In this case, the British docs used alcohol – a major pantoxin. Alcohol kills most types of cell in the body. They injected, caused a heart attack, and killed a specific bunch of heart tissue.
The ventricular tachycardia went away. Other pacemaking cells took over. He got much better.
In small, regular doses alcohol may decrease the risk of cardiovascular disease. At least that’s what happens when you study teetotalers versus regular, small dose alcohol imbibers.
But as British medic and biostatistician Ben Goldacre has pointed out, teetotalers may not be a good control group. Many don’t drink for religious or cultural reasons that may make them very different from the general population. And alcohol in irregular, high dose certainly causes arrhythmias. There’s even a disease named for it – holiday heart syndrome.
When Mom or Dad has a few too many shots on Christmas Even, they may precipitate a rather nasty arrhythmia. Most of the time though, they won’t die.
Unfortunately, that’s not always true of young people.
Young At Heart or Young Hearts?
Hundreds of teenagers and twenty somethings suddenly die across the US each year. Most people don’t know why.

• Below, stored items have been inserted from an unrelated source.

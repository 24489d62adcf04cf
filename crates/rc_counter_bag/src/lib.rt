//! Room: values. Takes a counter or a bag and a session's updates of it; gives the object that a
//! commit leaves, or the update that is refused. Knows nothing of sessions and names of objects.
//!
//! A session works on the object as it stood at its view, and hands over what it did as a list of
//! updates. At the commit `merge` applies them to the object as it stands at the commit's place, so
//! that two sessions that add don't stand in each other's way. Its tests stand in `values_tests`.
#![tactic(auto)]

mod bag;
mod counter;
pub mod laws;
mod pairs;
mod update;

pub use bag::Bag;
pub use counter::{Counter, CounterRange};
pub use update::{BagFault, BagUpdate};
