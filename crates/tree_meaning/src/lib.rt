//! Room: meaning. Gives what a tree means: a program for each method, chunk and block. Knows
//! nothing of look-up and of how a tree is run.
#![tactic(auto)]

mod form;
pub mod laws;
mod name;
mod operand;
mod place;

pub use form::Form;
pub use name::{Singleton, Where};
pub use operand::{Pair, Truth};
pub use place::Mark;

Now you do – it’s often from arrhythmias.
Arrhythmias in young people are sometimes inborn. They develop rare conditions like Wolff-Parkinson-White, a sometimes fatal arrhythmia.
But most times nothing happens until there’s a precipitating event. Those precipitating events happen all the time.

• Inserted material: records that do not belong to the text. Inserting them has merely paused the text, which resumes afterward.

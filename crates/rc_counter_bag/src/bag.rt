//! The bag.
ghost use Rattle.std.specs.Prelude.{◌≡◌, ◌↔◌, ◌⊎◌, ℕ, List, true, Some, None, Ok, Err, IsSome, IfOk, IfSome, OnOk, OnErr, IsErrOf};
ghost use Rattle.rc_counter_bag.specs.Bag.{IsBag, size, size as occurrences, count, updated, adds_new, merged};

use crate::pairs;
use crate::update::{BagFault, BagUpdate};
use std::alloc::AllocError;
use std::marker::Model;

/// A multiset: items in ascending order, each with how often it occurs.
///
/// Contracts see it as the list of these pairs.
#[derive(Debug, Drop)]
pub struct Bag<T: Ord> {
    pairs: Vec<(T, u64)>,
    // All occurrences, so that nobody has to sum them up.
    total: u64,
}

impl<T: Ord> Model for Bag<T> {
    ghost Value = { List (T × ℕ) };

    ghost view = { λ bag. bag.pairs.items };

    ghost invariant = { λ bag. IsBag T.cmp bag.pairs.items × (bag.total ≡ occurrences bag.pairs.items) };
}

impl<T: Ord + Clone + Drop> Bag<T> {
    /// The bag of these pairs. Takes no memory.
    ///
    /// None where the items don't ascend strictly or one occurs 0 times.
    pub fn of_pairs(pairs: Vec<(T, u64)>) -> Option<Bag<T>>
        ensures bag { IsSome result ↔ IsBag T.cmp pairs.items }
        ensures same { IfSome result (λ bag. bag ≡ pairs.items) }
    {
        if pairs::is_bag(&pairs) {
            Some(Bag {
                total: pairs::size(&pairs),
                pairs,
            })
        } else {
            None
        }
    }

    /// The items in ascending order, each with how often it occurs.
    pub fn pairs(&self) -> &[(T, u64)]
        ensures pairs { result.now ≡ self.now }
        ensures bag { IsBag T.cmp self.now }
    {
        &self.pairs
    }

    /// How often the item occurs. A count stays at 2^64 - 1 once it is there.
    pub fn count(&self, item: &T) -> u64
        ensures { result ≡ count T.cmp item.now self.now }
    {
        pairs::count(&self.pairs, item)
    }

    /// All occurrences of all items. It is 2^64 - 1 at most. Takes constant time.
    pub fn size(&self) -> u64
        ensures { result ≡ size self.now }
    {
        self.total
    }

    /// The same bag once more.
    pub fn try_clone(&self) -> Result<Bag<T>, AllocError>
        requires { (x y : T) → T.is_clone x y → y ≡ x }
        ensures { IfOk result (λ bag. bag ≡ self.now) }
    {
        Ok(Bag {
            pairs: self.pairs.clone()?,
            total: self.total,
        })
    }

    /// Applies one update.
    ///
    /// `Missing(0)`: a removal of an item that doesn't occur. `NoMemory`: an add of an item that
    /// doesn't occur yet found no memory. After either the bag is as before.
    pub fn apply(&mut self, update: BagUpdate<T>) -> Result<(), BagFault>
        ensures applied { OnOk result (updated T.cmp update self.old ≡ Some self.new) }
        ensures missing { IsErrOf result (BagFault.Missing 0)
            ↔ (updated T.cmp update self.old ≡ None) }
        ensures index { (at : ℕ) → IsErrOf result (BagFault.Missing at) → at ≡ 0 }
        ensures memory { IsErrOf result BagFault.NoMemory → adds_new T.cmp update self.old ≡ true }
        ensures unchanged { OnErr result (self.new ≡ self.old) }
    {
        match update {
            BagUpdate::Add(item) => {
                pairs::add(&mut self.pairs, item)?;
                self.total = self.total.saturating_add(1);
                Ok(())
            }
            BagUpdate::Remove(item) => {
                if !pairs::remove(&mut self.pairs, &item) {
                    return Err(BagFault::Missing(0));
                }
                self.total = pairs::size_after(self.total, &self.pairs);
                Ok(())
            }
        }
    }

    /// What the updates, made by a session at its view, make of the bag at the commit's place: they
    /// are applied in order.
    ///
    /// `Missing`: the index of the first removal that finds no occurrence. `NoMemory` may come in
    /// place of any answer, since the place's pairs are copied first.
    pub fn merge(
        at_view: &Bag<T>,
        at_place: &Bag<T>,
        updates: &[BagUpdate<T>],
    ) -> Result<Bag<T>, BagFault>
        requires { (x y : T) → T.is_clone x y → y ≡ x }
        ensures ok { IfOk result (λ bag.
            merged T.cmp at_view.now at_place.now updates.now ≡ Ok bag) }
        ensures missing { (at : ℕ) → IsErrOf result (BagFault.Missing at)
            → merged T.cmp at_view.now at_place.now updates.now ≡ Err at }
        ensures refuses { (at : ℕ) → merged T.cmp at_view.now at_place.now updates.now ≡ Err at
            → IsErrOf result (BagFault.Missing at) ⊎ IsErrOf result BagFault.NoMemory }
    {
        let mut pairs = at_place.pairs.clone()?;
        pairs::replay(&mut pairs, updates)?;
        Ok(Bag {
            total: pairs::size(&pairs),
            pairs,
        })
    }
}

That’s because young people experiment a lot.
They put together lots of stuff. Energy drinks with alcohol – so they don’t notice the sedation. Bath salts with stimulants meant for ADD. Tobacco plus PCP plus cocaine. Oxycontin and sleeping pills and alcohol – and then add energy drinks or stimulants to stay awake and keep the high going.
Or sometimes they just overwork their bodies in athletic practices and don’t replenish quickly enough with water and electrolytes.

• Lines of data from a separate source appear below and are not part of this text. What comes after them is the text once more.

/// A made block runs its statements inside the scopes in which it was made, with its arguments and
/// its temporaries in a scope of its own, which is given back unless a block was made. It ends as
/// its statements end. Another number of arguments is E9, and a number that no block has E5.
pub fn blocks_run()
    ensures run { (replies : Replies) (setting : Setting) (state : State MadeBlock)
        (made : MadeBlock) (arguments : List Value)
        → let statements = deed setting (block_body (outside_of replies) made.tree made.place
        (with_scope (mark state.local) made.frame))
        (record state {
          local = open_scope (arguments ++ replicate (temps_count made.tree) value.Nil) state.local;
        }) in
        deed setting (evaluation (block_body (outside_of replies) made.tree made.place)
        (temps_count made.tree) made.frame arguments) state
        ≡ record {
          end = statements.end;
          state = record statements.state {
            local = give_back (mark state.local) statements.state.local;
          };
        } }
    ensures called { (replies : Replies) (setting : Setting) (state : State MadeBlock)
        (made : MadeBlock) (number : ℕ) (arguments : List Value)
        → slice_get state.local.blocks number ≡ Some made
        → nat_eq (length arguments) (params_count made.tree) ≡ true
        → deed setting (call_block_at (λ block values.
        evaluation (block_body (outside_of replies) block.tree block.place)
        (temps_count block.tree) block.frame values) number arguments) state
        ≡ deed setting (evaluation (block_body (outside_of replies) made.tree made.place)
        (temps_count made.tree) made.frame arguments) state }
    ensures other_count { (replies : Replies) (setting : Setting) (state : State MadeBlock)
        (made : MadeBlock) (number : ℕ) (arguments : List Value)
        → slice_get state.local.blocks number ≡ Some made
        → nat_eq (length arguments) (params_count made.tree) ≡ false
        → deed setting (call_block_at (λ block values.
        evaluation (block_body (outside_of replies) block.tree block.place)
        (temps_count block.tree) block.frame values) number arguments) state
        ≡ stops fault.BlockArgumentCount state }
    ensures no_block { (replies : Replies) (setting : Setting) (state : State MadeBlock)
        (number : ℕ) (arguments : List Value)
        → slice_get state.local.blocks number ≡ None
        → deed setting (call_block_at (λ block values.
        evaluation (block_body (outside_of replies) block.tree block.place)
        (temps_count block.tree) block.frame values) number arguments) state
        ≡ stops fault.ArgumentKind state }
{}

/// Worked chunks: `1 to: 3 do: [:i | a := a + i]` from 0 on makes 6, and takes a unit for itself,
/// one for each turn and one for each `+`; and so on.
pub fn worked_chunks()
    ensures counting { (setting : Setting)
        → ComesTo counting setting (gives (value.Int (pos 6))) 93 }
    ensures repeating { (setting : Setting)
        → ComesTo repeating setting (gives (value.Int (pos 6))) 93 }
    ensures looping { (setting : Setting) → ComesTo looping setting (gives value.Nil) 98 }
    ensures cascading { (setting : Setting)
        → ComesTo cascading setting (gives (value.Int (pos 11))) 98 }
    ensures hiding { (setting : Setting)
        → ComesTo hiding setting (gives (value.Int (pos 7))) 93 }
    ensures returning { (setting : Setting)
        → ComesTo returning setting (gives (value.Int (pos 1))) 98 }
    ensures doubting { (setting : Setting) → ComesTo doubting setting (fails fault.NotBoolean) 99 }
{}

These sudden deaths are often caused by arrhythmias. Open up the hearts on autopsy and they usually look fine.
No coronary artery disease to speak of. Nice looking muscle cells.
But the pacemaking cells did not work right. And all they needed were seconds of trouble to end it all.
Bottom Line
If you think of the heart as a pump, don’t just focus on anatomy – like coronary artery narrowing – but on physiology. Though the mechanism is often coronary artery disease, it’s frequently arrhythmias that kill people. It happens a lot in sudden deaths of young people.
And alcohol can cause those arrhythmias – or if you do things right, help prevent them.
If you drink, you want to drink at the right times and the right amounts.
Like most other information you give your body to regenerate properly – timing is key.